Jaipur, Jul 14: In a show of strength, Deputy Chief Minister Sachin Pilot-led Rajasthan Congress camp on Monday released a video showing at least 16 MLAs sitting together.

This comes hours after the Congress held a legislature party meeting. Party leaders said 106 of 122 MLAs attended, a claim contested by the Pilot camp.

The 10-second video was shared late at night on Pilot's official WhatsApp group.

In the video, at least 16 MLAs are seen sitting together in a close circle. Pilot is not seen in the video.

Six other people can be seen in the video but they could not be identified.

Some of the MLAs seen in the video are Indraraj Gurjar, Mukesh Bhakar, Harish Meena.

Tourism Minister Vishvendra Singh tweeted the video with the caption "Family".

Ladnun MLA Mukesh Bhakar tweeted, "...Loyalty in Congress means Ashok Gehlot's slavery. That is not acceptable to us."

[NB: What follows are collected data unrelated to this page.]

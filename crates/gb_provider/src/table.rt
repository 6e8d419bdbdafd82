//! The functions of a build by name.
ghost use Rattle.std.specs.Prelude.{◌≡◌, [], ◌∷◌, ◌++◌, ◌↔◌, None, OnOk, OnErr, IfOk, IsErrOf, IsSome};
ghost use Rattle.std.specs.Prelude.{map, string_bytes};
ghost use Rattle.std.specs.FinMap.Entries.{find};
ghost use Rattle.std.specs.Option.{option_copied};
ghost use Rattle.gb_core.specs.Lists.{byte_order};
ghost use Rattle.gb_provider.specs.Table.{map_named, flat_map_named, zip_named, test_named};

use crate::fault::TableFault;
use gb_core::name::Name;
use gb_table::table::NamedTable;
use std::alloc::{AllocError, Global};
use std::marker::Model;

/// A stored function, by the step that uses it.
#[derive(Drop)]
pub enum Transform<M, F, Z, S> {
    /// For `map`: a value to a value.
    Map(M),
    /// For `flatMap`: a value to the output that is read in its place.
    FlatMap(F),
    /// For `zip`: two values to one.
    Zip(Z),
    /// For `onlyIf` and `upToDateWhen`: a value to a flag.
    Test(S),
}

/// Stored functions by name, as they were added. All uses share one namespace.
#[derive(Drop)]
pub struct TransformTable<M, F, Z, S> {
    entries: NamedTable<Transform<M, F, Z, S>>,
}

impl<M, F, Z, S> Model for TransformTable<M, F, Z, S> {
    ghost use Rattle.std.specs.Prelude.{List, ℕ};
    ghost use Rattle.gb_provider.specs.declared.table.Transform.{Transform};

    ghost Value = { List (List ℕ × Transform M F Z S) };

    ghost view = { λ t. t.entries };
}

impl<M: Drop, F: Drop, Z: Drop, S: Drop> TransformTable<M, F, Z, S> {
    /// No function yet.
    pub fn new(alloc: Global) -> Self
        ensures { result ≡ [] }
    {
        TransformTable {
            entries: NamedTable::new(alloc),
        }
    }

    /// Adds a function of `map` under a name that no other has.
    pub fn add_map(&mut self, name: &Name, stored: M) -> Result<(), TableFault>
        ensures ok { OnOk result (self.new ≡ self.old ++ (name.now, Transform.Map stored) ∷ []) }
        ensures absent { OnOk result (find byte_order name.now self.old ≡ None) }
        ensures duplicate { IsErrOf result TableFault.DuplicateTransform
            ↔ IsSome (find byte_order name.now self.old) }
        ensures err { OnErr result (self.new ≡ self.old) }
    {
        self.add_under(name.as_str(), Transform::Map(stored))
    }

    /// Adds a function of `flatMap` under a name that no other has.
    pub fn add_flat(&mut self, name: &Name, stored: F) -> Result<(), TableFault>
        ensures ok { OnOk result (self.new ≡ self.old ++ (name.now, Transform.FlatMap stored) ∷ []) }
        ensures absent { OnOk result (find byte_order name.now self.old ≡ None) }
        ensures duplicate { IsErrOf result TableFault.DuplicateTransform
            ↔ IsSome (find byte_order name.now self.old) }
        ensures err { OnErr result (self.new ≡ self.old) }
    {
        self.add_under(name.as_str(), Transform::FlatMap(stored))
    }

    /// Adds a function of `zip` under a name that no other has.
    pub fn add_zip(&mut self, name: &Name, stored: Z) -> Result<(), TableFault>
        ensures ok { OnOk result (self.new ≡ self.old ++ (name.now, Transform.Zip stored) ∷ []) }
        ensures absent { OnOk result (find byte_order name.now self.old ≡ None) }
        ensures duplicate { IsErrOf result TableFault.DuplicateTransform
            ↔ IsSome (find byte_order name.now self.old) }
        ensures err { OnErr result (self.new ≡ self.old) }
    {
        self.add_under(name.as_str(), Transform::Zip(stored))
    }

    /// Adds a test under a name that no other function has.
    pub fn add_test(&mut self, name: &Name, stored: S) -> Result<(), TableFault>
        ensures ok { OnOk result (self.new ≡ self.old ++ (name.now, Transform.Test stored) ∷ []) }
        ensures absent { OnOk result (find byte_order name.now self.old ≡ None) }
        ensures duplicate { IsErrOf result TableFault.DuplicateTransform
            ↔ IsSome (find byte_order name.now self.old) }
        ensures err { OnErr result (self.new ≡ self.old) }
    {
        self.add_under(name.as_str(), Transform::Test(stored))
    }

    /// Adds a function under the text of a name that no other has, as
    /// [`TransformTable::into_entries`] returns it.
    pub fn add_under(&mut self, name: &str, stored: Transform<M, F, Z, S>) -> Result<(), TableFault>
        ensures ok { OnOk result (self.new ≡ self.old ++ (name.now, stored) ∷ []) }
        ensures absent { OnOk result (find byte_order name.now self.old ≡ None) }
        ensures duplicate { IsErrOf result TableFault.DuplicateTransform
            ↔ IsSome (find byte_order name.now self.old) }
        ensures err { OnErr result (self.new ≡ self.old) }
    {
        self.entries.add_under(name, stored)?;
        Ok(())
    }

    /// The functions with the texts of their names, in order.
    pub fn into_entries(self) -> Result<Vec<(String, Transform<M, F, Z, S>)>, AllocError>
        ensures { IfOk result (λ entries. map (λ e. (string_bytes e.0, e.1)) entries.items ≡ self) }
    {
        self.entries.into_entries()
    }

    /// The `map` function with this name. Allocates nothing.
    pub fn find_map(&self, name: &str) -> Option<&M>
        ensures { option_copied result ≡ map_named self.now name.now }
    {
        match self.find(name) {
            Some(Transform::Map(stored)) => Some(stored),
            _ => None,
        }
    }

    /// The `flatMap` function with this name. Allocates nothing.
    pub fn find_flat(&self, name: &str) -> Option<&F>
        ensures { option_copied result ≡ flat_map_named self.now name.now }
    {
        match self.find(name) {
            Some(Transform::FlatMap(stored)) => Some(stored),
            _ => None,
        }
    }

    /// The `zip` function with this name. Allocates nothing.
    pub fn find_zip(&self, name: &str) -> Option<&Z>
        ensures { option_copied result ≡ zip_named self.now name.now }
    {
        match self.find(name) {
            Some(Transform::Zip(stored)) => Some(stored),
            _ => None,
        }
    }

    /// The test with this name. Allocates nothing.
    pub fn find_test(&self, name: &str) -> Option<&S>
        ensures { option_copied result ≡ test_named self.now name.now }
    {
        match self.find(name) {
            Some(Transform::Test(stored)) => Some(stored),
            _ => None,
        }
    }

    fn find(&self, name: &str) -> Option<&Transform<M, F, Z, S>>
        ensures { option_copied result ≡ find byte_order name.now self.now }
    {
        self.entries.find(name)
    }
}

Pilot has been upset since he was denied the Rajasthan chief minister's post after the December 2018 assembly elections.

On Sunday, he claimed to have the backing of 30 Congress MLAs and "some independents".

Those close to him disputed Gehlot's claim that his government had a majority, and said this is proven in the assembly and not at the CM's house.

Sources close to him have also ruled out the possibility of Pilot joining the BJP.

In the 200-member Rajasthan Assembly, the Congress has 107 MLAs and the BJP 72. In the past, the ruling party has claimed the support of 13 independents, two MLAs each from the CPM and the Bharatiya Tribal Party, and one from the Rashtriya Lok Dal.